Find the word "Returns" in the data below and copy each line that holds it.

[Collected data]

=====

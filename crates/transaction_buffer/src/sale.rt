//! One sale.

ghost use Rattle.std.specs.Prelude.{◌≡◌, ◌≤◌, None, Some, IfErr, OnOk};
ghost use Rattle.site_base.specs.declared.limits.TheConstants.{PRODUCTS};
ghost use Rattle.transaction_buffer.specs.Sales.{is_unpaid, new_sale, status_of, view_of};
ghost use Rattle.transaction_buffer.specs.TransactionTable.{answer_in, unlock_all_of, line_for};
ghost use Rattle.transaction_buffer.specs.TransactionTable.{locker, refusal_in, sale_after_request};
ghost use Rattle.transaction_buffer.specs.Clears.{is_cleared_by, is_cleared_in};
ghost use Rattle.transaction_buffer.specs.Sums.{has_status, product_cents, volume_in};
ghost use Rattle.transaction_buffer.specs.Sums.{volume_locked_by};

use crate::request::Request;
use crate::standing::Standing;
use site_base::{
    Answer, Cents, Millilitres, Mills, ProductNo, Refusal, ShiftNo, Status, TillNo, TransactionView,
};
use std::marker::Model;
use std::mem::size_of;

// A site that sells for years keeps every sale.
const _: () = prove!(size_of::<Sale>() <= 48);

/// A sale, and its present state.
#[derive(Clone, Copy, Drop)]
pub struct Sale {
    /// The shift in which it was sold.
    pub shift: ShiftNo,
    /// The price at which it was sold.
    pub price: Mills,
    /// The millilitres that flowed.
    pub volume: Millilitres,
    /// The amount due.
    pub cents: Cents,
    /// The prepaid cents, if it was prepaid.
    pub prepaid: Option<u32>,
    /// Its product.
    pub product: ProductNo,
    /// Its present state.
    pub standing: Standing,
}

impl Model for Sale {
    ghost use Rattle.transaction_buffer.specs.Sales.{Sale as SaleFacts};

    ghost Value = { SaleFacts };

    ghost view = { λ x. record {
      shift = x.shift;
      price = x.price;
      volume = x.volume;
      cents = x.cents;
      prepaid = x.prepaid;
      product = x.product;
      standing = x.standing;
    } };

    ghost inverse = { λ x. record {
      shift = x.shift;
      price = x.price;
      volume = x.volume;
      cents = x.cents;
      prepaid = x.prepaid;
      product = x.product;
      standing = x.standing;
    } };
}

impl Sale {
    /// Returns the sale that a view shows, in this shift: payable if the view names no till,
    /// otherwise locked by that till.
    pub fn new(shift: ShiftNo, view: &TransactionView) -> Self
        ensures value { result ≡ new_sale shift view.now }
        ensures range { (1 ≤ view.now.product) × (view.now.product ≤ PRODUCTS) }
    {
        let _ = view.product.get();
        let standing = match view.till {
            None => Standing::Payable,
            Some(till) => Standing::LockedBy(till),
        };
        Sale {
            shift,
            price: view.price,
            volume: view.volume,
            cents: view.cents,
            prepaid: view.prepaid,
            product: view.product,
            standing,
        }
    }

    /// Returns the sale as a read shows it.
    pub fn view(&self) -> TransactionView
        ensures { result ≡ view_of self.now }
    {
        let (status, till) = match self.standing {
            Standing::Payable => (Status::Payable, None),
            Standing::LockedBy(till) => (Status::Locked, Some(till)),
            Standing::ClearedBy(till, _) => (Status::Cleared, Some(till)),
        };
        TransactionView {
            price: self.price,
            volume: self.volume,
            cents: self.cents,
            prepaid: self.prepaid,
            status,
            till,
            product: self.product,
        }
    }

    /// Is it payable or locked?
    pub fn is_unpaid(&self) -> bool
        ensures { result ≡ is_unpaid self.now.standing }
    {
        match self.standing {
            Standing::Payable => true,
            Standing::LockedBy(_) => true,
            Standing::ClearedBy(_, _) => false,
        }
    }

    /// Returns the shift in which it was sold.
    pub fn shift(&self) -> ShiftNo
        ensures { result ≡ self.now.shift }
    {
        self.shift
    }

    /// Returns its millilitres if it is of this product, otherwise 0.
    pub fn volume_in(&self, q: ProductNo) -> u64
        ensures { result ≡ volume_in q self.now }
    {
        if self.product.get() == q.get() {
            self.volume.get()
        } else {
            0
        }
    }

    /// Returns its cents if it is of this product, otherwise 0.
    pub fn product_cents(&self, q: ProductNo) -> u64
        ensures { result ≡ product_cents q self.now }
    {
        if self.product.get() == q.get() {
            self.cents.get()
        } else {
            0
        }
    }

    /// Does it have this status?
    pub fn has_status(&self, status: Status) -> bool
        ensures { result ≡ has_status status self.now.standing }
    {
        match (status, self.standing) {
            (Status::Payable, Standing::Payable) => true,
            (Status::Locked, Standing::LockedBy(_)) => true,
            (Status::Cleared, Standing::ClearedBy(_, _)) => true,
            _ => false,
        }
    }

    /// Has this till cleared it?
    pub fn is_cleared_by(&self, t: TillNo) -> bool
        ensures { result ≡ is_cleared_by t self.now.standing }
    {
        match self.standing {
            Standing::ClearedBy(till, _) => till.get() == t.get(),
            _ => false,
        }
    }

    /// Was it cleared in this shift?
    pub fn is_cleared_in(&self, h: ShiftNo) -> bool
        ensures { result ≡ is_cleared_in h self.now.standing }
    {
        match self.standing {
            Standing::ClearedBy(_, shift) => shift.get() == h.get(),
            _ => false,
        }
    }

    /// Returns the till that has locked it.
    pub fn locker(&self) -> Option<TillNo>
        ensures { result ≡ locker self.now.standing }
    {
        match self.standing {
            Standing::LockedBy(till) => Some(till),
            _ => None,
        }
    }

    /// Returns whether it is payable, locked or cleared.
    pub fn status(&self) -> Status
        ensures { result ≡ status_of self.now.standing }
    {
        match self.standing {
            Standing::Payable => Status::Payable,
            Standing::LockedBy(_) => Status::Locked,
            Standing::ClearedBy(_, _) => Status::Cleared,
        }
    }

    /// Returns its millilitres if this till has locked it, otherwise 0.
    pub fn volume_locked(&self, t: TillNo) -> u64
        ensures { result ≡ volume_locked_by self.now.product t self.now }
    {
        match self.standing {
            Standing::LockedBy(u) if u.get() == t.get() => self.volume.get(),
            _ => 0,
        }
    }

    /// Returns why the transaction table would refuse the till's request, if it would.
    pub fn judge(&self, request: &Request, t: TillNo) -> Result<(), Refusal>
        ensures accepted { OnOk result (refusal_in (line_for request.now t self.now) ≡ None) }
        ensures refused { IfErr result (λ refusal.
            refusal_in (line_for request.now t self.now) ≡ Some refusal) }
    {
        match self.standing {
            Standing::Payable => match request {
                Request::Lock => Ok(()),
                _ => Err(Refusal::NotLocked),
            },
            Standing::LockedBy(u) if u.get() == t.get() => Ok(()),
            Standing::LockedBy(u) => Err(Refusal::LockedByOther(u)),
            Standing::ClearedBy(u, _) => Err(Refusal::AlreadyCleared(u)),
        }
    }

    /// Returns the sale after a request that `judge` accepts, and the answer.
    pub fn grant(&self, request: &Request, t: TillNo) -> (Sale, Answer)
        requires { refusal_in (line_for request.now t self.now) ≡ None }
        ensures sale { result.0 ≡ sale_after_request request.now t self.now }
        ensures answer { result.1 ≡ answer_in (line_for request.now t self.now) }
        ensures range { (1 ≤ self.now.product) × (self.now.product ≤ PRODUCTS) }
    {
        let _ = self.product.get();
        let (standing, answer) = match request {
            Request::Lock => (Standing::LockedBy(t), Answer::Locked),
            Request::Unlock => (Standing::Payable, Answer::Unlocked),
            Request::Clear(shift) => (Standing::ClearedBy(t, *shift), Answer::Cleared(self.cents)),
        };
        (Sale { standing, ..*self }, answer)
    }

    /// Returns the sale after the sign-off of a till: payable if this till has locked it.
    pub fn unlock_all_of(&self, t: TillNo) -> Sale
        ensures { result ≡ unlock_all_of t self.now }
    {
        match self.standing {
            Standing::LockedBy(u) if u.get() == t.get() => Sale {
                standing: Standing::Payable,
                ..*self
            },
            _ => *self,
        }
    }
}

=====

» **THE ANSWER**:
    /// Returns the sale that a view shows, in this shift: payable if the view names no till,
    /// Returns the sale as a read shows it.
    /// Returns the shift in which it was sold.
    /// Returns its millilitres if it is of this product, otherwise 0.
    /// Returns its cents if it is of this product, otherwise 0.
    /// Returns the till that has locked it.
    /// Returns whether it is payable, locked or cleared.
    /// Returns its millilitres if this till has locked it, otherwise 0.
    /// Returns why the transaction table would refuse the till's request, if it would.
    /// Returns the sale after a request that `judge` accepts, and the answer.
    /// Returns the sale after the sign-off of a till: payable if this till has locked it.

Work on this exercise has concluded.